══ Source data ══

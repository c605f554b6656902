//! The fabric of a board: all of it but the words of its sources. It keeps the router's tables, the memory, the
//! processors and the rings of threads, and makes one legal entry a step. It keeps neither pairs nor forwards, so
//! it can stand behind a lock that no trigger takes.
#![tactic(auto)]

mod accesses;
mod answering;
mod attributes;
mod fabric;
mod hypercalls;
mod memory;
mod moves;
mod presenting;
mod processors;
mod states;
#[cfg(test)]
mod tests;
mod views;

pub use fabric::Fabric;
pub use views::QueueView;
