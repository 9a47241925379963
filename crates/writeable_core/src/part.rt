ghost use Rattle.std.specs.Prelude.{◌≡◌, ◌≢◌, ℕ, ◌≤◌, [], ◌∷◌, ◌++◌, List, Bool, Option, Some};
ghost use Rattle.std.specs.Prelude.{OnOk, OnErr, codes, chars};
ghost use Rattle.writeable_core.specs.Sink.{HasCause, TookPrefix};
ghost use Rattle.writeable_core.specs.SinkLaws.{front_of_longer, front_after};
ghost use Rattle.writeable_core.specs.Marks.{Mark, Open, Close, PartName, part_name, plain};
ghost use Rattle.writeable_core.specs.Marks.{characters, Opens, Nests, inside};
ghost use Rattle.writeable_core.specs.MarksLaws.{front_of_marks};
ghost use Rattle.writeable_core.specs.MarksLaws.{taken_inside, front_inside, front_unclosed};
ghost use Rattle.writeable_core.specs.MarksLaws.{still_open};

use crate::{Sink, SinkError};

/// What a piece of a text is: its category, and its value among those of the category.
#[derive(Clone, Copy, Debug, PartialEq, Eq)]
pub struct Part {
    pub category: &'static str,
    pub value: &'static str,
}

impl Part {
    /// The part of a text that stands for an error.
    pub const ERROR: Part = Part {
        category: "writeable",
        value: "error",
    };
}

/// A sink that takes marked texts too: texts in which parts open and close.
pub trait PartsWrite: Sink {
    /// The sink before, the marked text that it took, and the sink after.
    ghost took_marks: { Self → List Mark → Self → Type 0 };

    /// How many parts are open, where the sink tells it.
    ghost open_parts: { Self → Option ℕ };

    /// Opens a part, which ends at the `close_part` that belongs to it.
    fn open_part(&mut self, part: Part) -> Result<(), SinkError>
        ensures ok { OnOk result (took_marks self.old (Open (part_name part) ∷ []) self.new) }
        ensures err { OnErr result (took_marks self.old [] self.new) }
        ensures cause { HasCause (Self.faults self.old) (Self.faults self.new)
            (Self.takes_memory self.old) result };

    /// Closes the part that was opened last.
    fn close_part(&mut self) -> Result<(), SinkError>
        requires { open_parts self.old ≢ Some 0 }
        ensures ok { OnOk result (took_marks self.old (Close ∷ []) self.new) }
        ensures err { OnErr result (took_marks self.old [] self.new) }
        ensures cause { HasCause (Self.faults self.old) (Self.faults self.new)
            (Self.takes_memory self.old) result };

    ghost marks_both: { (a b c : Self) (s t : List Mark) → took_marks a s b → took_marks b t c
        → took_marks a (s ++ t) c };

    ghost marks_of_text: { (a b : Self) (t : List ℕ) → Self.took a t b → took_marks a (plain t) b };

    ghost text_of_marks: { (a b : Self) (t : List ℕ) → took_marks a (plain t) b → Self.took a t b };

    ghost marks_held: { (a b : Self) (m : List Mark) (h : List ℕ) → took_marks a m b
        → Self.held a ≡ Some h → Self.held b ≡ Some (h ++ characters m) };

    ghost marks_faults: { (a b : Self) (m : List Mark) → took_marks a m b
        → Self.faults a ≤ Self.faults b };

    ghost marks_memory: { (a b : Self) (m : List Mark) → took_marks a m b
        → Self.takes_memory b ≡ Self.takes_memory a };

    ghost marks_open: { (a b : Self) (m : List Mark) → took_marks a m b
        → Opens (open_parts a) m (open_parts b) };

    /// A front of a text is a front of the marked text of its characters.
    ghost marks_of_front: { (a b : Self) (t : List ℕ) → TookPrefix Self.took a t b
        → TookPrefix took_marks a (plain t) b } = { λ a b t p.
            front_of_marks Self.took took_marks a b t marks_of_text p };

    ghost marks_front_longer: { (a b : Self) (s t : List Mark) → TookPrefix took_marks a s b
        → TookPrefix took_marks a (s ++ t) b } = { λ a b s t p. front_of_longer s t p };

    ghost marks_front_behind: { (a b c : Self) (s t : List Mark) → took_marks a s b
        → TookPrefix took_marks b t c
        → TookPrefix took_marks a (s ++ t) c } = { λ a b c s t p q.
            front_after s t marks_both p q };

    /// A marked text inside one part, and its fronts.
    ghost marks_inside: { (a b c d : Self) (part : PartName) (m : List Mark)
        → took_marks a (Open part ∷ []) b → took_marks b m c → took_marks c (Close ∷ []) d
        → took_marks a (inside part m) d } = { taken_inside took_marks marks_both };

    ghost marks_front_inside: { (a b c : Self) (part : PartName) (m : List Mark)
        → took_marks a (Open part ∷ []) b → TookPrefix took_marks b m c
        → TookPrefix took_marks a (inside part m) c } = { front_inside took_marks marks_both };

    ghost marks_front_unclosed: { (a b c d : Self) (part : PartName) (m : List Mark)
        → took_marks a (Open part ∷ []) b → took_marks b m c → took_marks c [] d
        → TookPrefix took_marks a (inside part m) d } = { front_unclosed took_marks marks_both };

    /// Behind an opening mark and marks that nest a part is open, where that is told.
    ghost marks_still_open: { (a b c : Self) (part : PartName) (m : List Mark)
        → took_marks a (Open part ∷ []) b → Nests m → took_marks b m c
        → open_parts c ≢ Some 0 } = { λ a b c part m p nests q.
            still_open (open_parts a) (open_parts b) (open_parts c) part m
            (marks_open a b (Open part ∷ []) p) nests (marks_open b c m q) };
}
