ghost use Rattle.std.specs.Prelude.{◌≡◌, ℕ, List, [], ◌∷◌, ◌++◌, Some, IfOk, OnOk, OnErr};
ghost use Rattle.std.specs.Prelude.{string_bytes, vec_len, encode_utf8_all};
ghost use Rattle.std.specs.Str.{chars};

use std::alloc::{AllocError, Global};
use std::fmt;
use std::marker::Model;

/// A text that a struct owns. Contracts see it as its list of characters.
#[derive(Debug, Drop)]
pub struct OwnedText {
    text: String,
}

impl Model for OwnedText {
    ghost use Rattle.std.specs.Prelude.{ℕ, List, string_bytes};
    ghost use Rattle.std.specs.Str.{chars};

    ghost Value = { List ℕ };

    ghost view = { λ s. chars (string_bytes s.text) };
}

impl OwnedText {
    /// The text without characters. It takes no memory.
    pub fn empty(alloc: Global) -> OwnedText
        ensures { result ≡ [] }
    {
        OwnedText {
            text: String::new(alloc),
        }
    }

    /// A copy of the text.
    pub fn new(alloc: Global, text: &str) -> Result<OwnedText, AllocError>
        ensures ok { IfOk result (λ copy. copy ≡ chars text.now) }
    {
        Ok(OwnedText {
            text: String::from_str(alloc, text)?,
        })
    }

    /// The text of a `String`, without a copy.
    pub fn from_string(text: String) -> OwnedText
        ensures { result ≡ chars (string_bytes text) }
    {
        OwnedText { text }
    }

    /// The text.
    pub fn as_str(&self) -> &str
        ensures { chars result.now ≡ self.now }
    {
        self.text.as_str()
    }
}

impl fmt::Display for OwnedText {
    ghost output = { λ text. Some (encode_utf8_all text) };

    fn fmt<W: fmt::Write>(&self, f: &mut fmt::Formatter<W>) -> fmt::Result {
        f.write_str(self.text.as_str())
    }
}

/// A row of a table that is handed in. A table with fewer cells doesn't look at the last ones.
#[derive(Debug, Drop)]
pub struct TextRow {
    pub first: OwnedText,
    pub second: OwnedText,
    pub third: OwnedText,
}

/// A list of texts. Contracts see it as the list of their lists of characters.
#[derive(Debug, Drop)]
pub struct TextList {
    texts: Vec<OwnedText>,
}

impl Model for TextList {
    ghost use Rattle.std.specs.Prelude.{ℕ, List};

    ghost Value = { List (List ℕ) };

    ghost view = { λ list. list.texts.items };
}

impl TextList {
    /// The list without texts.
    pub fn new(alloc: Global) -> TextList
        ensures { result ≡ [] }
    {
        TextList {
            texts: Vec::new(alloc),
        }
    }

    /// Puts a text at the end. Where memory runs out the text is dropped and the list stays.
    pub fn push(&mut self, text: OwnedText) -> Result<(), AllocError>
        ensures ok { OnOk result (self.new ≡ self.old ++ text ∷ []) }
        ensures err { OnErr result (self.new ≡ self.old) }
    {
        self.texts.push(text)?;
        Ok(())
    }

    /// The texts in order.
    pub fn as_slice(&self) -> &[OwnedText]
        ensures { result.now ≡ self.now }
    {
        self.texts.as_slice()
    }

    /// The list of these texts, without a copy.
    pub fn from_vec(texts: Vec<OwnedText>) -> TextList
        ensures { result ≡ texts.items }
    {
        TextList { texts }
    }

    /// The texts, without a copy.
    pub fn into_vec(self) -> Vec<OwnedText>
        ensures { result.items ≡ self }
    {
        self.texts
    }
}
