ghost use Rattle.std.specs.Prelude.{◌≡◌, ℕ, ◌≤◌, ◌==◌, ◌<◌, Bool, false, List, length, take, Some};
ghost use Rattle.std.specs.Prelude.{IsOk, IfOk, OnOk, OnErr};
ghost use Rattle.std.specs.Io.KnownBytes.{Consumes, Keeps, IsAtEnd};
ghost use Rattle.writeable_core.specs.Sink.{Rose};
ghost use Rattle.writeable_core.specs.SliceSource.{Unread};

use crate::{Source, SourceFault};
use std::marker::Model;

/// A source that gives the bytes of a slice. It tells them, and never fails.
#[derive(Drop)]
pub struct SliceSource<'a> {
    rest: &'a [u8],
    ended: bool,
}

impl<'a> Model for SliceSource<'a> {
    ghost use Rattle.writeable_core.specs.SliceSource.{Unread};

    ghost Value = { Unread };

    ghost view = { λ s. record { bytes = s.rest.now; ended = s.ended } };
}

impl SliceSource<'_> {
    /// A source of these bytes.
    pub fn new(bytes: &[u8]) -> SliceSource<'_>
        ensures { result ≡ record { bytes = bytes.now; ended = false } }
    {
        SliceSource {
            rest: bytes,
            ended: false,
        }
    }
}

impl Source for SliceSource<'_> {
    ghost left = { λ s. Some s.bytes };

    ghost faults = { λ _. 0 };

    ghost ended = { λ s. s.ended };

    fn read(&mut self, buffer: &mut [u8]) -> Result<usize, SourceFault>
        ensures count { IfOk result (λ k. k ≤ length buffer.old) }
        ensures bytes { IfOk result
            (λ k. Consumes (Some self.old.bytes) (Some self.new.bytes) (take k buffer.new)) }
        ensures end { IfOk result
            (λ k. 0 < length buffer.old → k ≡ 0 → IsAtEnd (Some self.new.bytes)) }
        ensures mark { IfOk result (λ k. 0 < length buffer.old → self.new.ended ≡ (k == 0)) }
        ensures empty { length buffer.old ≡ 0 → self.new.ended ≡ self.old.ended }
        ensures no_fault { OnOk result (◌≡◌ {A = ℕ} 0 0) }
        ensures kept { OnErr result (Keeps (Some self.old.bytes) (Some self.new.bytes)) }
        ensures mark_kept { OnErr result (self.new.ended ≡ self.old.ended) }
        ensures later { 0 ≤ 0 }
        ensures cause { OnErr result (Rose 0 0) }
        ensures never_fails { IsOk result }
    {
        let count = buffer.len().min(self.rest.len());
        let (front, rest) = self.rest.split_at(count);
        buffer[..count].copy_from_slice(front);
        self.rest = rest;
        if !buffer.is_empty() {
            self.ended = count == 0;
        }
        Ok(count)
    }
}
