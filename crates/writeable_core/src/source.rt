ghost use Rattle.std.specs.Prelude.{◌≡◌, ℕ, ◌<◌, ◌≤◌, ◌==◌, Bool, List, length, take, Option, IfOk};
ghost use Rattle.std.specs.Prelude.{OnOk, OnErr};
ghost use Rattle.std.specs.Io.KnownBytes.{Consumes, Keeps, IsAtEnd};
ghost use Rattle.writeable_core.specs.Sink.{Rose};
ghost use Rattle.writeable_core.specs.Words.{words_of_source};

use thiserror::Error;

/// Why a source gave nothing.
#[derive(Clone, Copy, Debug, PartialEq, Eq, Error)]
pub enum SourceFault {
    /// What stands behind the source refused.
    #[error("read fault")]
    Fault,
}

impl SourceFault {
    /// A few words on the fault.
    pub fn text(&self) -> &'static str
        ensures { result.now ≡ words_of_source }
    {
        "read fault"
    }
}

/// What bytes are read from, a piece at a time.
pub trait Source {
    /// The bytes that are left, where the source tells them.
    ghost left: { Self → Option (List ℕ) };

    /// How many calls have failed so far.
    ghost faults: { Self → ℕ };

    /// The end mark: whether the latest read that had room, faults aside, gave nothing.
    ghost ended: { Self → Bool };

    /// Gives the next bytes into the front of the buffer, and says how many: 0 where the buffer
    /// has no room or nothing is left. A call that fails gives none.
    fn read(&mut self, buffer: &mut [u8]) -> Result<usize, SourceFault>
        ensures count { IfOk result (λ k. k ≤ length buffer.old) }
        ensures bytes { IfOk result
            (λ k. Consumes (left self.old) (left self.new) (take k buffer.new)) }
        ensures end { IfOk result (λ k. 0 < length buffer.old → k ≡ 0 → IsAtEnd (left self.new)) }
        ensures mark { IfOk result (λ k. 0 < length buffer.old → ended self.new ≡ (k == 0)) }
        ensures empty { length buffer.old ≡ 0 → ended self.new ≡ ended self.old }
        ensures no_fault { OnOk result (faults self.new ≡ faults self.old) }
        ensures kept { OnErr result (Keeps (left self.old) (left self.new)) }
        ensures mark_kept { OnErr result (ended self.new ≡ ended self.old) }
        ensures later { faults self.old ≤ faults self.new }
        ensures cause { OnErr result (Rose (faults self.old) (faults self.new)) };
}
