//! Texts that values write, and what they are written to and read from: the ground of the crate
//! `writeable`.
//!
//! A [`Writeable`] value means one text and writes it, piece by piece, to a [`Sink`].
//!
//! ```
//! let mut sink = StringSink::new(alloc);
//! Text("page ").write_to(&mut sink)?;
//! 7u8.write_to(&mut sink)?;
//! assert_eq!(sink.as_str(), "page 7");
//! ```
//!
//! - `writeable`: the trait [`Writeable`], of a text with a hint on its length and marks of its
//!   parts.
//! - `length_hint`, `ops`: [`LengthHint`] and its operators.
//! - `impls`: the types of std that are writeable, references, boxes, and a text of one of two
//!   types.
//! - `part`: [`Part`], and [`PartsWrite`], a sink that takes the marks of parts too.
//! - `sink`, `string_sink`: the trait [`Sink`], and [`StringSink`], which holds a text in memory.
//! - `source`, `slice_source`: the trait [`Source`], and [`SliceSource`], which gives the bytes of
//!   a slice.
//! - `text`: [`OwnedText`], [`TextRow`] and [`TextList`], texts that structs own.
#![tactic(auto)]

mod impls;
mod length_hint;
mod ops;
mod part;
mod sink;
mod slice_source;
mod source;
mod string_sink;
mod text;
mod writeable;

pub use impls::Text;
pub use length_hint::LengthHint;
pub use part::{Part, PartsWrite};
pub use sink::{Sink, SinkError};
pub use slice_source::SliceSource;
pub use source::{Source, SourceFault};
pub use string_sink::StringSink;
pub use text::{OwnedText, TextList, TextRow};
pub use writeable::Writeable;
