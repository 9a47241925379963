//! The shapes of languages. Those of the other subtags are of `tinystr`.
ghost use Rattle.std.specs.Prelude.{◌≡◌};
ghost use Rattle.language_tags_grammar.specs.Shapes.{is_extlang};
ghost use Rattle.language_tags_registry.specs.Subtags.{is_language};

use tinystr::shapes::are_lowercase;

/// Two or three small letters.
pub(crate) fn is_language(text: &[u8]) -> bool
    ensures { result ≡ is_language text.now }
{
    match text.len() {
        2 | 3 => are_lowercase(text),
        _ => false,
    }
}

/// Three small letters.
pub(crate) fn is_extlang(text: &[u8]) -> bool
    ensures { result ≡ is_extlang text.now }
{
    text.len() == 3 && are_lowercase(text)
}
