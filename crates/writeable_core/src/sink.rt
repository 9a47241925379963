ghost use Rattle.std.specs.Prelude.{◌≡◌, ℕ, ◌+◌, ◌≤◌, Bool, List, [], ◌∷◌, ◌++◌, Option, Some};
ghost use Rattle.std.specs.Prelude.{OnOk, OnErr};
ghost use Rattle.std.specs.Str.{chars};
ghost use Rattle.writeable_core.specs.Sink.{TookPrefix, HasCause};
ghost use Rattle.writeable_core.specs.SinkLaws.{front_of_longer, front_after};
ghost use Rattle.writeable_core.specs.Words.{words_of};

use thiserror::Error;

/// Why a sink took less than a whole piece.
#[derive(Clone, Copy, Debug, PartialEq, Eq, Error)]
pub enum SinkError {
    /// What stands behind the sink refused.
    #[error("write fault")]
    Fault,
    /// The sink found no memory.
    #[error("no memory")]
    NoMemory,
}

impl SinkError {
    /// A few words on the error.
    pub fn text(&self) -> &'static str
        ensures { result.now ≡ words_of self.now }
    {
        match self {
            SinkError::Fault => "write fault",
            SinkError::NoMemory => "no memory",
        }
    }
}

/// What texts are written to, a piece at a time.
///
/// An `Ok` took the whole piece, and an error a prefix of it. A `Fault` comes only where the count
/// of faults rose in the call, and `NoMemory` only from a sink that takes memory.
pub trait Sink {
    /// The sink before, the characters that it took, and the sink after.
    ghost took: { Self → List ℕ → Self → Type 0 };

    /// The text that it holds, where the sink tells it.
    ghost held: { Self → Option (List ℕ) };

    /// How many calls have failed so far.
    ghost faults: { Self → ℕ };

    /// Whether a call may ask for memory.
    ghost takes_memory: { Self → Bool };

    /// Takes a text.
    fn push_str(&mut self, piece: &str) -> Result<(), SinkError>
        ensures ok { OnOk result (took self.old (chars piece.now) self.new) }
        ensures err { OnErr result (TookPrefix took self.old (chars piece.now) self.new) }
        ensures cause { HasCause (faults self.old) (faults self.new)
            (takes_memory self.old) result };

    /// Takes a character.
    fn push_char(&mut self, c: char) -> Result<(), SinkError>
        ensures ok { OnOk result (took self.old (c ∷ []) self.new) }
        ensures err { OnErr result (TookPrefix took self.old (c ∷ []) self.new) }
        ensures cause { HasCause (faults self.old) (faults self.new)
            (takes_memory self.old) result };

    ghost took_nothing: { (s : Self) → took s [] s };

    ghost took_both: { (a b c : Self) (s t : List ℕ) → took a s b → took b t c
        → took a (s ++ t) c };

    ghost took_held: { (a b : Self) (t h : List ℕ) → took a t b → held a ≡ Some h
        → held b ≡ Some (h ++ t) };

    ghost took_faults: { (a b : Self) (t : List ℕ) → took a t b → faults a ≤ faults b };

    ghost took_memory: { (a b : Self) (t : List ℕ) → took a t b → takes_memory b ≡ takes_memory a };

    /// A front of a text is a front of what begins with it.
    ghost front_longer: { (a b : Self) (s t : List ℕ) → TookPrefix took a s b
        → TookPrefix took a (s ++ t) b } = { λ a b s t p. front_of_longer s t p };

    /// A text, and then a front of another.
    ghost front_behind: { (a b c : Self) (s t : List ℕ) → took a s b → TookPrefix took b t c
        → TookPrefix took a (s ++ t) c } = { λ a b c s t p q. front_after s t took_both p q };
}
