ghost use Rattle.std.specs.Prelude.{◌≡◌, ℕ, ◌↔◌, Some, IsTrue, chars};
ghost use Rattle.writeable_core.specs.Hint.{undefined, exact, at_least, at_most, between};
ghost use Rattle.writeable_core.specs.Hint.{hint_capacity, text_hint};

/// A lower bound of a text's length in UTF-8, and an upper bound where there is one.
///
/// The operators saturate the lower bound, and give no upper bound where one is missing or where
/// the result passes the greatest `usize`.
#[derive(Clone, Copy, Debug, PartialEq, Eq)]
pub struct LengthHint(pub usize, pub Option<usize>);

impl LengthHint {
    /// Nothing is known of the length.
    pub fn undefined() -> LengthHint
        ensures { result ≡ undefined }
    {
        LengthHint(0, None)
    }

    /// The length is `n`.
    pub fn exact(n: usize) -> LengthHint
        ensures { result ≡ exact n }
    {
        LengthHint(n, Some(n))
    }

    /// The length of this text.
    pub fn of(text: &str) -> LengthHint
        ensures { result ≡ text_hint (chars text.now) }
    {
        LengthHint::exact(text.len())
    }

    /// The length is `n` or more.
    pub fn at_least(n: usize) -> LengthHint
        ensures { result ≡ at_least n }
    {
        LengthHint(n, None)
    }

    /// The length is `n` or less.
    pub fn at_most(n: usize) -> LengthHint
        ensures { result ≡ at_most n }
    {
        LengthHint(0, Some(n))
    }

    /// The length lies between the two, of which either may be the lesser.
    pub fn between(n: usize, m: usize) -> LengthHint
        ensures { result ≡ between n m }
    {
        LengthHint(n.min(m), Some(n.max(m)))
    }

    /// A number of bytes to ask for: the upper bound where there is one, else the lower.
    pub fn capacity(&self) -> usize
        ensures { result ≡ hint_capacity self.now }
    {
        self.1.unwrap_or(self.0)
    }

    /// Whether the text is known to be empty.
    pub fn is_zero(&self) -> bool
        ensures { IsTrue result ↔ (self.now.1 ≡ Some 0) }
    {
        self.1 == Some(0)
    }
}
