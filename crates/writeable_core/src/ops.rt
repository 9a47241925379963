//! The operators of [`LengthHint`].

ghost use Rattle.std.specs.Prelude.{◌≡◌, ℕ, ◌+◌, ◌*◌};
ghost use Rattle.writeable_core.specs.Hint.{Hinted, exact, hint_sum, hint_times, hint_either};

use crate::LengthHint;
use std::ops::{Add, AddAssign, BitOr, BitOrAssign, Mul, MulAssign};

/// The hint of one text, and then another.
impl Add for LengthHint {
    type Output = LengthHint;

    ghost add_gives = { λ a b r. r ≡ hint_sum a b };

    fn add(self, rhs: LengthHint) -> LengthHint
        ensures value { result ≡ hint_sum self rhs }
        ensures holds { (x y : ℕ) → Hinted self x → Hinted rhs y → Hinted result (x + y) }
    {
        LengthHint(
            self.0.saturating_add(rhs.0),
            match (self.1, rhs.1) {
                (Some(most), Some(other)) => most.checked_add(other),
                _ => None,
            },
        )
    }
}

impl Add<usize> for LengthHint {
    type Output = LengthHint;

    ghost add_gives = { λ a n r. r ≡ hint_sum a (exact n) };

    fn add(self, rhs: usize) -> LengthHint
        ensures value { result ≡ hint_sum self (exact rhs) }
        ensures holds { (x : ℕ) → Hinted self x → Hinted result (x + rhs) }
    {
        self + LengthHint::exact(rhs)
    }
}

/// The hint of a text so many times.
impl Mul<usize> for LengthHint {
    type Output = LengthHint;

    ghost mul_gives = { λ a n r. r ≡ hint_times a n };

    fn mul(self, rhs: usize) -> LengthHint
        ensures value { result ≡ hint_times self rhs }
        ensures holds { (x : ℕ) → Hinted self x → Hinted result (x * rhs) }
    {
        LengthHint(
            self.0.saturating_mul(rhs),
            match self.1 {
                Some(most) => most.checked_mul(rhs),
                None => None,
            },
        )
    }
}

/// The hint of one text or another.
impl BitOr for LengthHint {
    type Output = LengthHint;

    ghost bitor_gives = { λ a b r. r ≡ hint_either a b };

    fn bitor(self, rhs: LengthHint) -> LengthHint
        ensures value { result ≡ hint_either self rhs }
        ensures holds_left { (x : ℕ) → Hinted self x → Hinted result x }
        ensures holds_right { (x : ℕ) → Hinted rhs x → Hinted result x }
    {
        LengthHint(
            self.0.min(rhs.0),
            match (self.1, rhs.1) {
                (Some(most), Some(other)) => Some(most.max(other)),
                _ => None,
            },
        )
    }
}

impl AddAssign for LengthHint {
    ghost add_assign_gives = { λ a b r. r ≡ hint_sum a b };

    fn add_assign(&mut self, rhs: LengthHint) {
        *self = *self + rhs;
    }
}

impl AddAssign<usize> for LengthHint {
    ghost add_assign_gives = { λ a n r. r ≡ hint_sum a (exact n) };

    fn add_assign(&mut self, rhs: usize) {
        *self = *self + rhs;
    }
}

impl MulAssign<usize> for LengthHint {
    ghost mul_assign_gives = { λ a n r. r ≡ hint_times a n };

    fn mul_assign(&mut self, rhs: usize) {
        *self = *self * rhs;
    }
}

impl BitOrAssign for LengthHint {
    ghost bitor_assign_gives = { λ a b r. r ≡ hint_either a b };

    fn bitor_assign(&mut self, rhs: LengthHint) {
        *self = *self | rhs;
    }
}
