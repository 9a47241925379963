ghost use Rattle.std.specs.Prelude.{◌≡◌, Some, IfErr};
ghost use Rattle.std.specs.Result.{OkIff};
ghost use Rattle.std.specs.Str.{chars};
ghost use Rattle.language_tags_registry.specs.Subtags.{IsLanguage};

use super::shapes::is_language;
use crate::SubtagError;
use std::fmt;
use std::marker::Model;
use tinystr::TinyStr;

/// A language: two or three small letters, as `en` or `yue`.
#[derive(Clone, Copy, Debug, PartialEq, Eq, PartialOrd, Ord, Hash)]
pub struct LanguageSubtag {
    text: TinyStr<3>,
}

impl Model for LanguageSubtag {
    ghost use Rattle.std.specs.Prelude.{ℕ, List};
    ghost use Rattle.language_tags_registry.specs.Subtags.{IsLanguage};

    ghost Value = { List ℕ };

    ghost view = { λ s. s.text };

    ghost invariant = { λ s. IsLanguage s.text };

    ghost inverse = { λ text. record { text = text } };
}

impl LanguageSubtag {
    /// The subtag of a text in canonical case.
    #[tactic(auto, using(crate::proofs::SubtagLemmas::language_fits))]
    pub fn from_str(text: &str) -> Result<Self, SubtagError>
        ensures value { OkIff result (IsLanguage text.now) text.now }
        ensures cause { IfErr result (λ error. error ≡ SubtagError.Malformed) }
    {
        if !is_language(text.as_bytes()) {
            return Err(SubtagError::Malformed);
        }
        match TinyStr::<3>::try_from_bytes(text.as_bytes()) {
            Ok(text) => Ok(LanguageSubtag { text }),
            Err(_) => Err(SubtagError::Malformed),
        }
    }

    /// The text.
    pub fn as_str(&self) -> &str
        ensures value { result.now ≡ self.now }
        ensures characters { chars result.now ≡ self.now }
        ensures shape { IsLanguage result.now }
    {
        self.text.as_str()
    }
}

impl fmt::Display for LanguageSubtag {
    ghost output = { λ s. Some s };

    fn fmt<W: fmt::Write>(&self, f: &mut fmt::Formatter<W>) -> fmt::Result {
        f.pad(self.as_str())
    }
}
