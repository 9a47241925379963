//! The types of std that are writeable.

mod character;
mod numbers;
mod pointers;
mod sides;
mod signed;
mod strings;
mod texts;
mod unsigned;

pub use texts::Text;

═══

• Assignment
Using the entries above, give back exactly the line containing "pub fn push(&mut", the line containing "The texts, without a copy.", and every line between them, and nothing else.

• Result of this exercise
    pub fn push(&mut self, text: OwnedText) -> Result<(), AllocError>
        ensures ok { OnOk result (self.new ≡ self.old ++ text ∷ []) }
        ensures err { OnErr result (self.new ≡ self.old) }
    {
        self.texts.push(text)?;
        Ok(())
    }

    /// The texts in order.
    pub fn as_slice(&self) -> &[OwnedText]
        ensures { result.now ≡ self.now }
    {
        self.texts.as_slice()
    }

    /// The list of these texts, without a copy.
    pub fn from_vec(texts: Vec<OwnedText>) -> TextList
        ensures { result ≡ texts.items }
    {
        TextList { texts }
    }

    /// The texts, without a copy.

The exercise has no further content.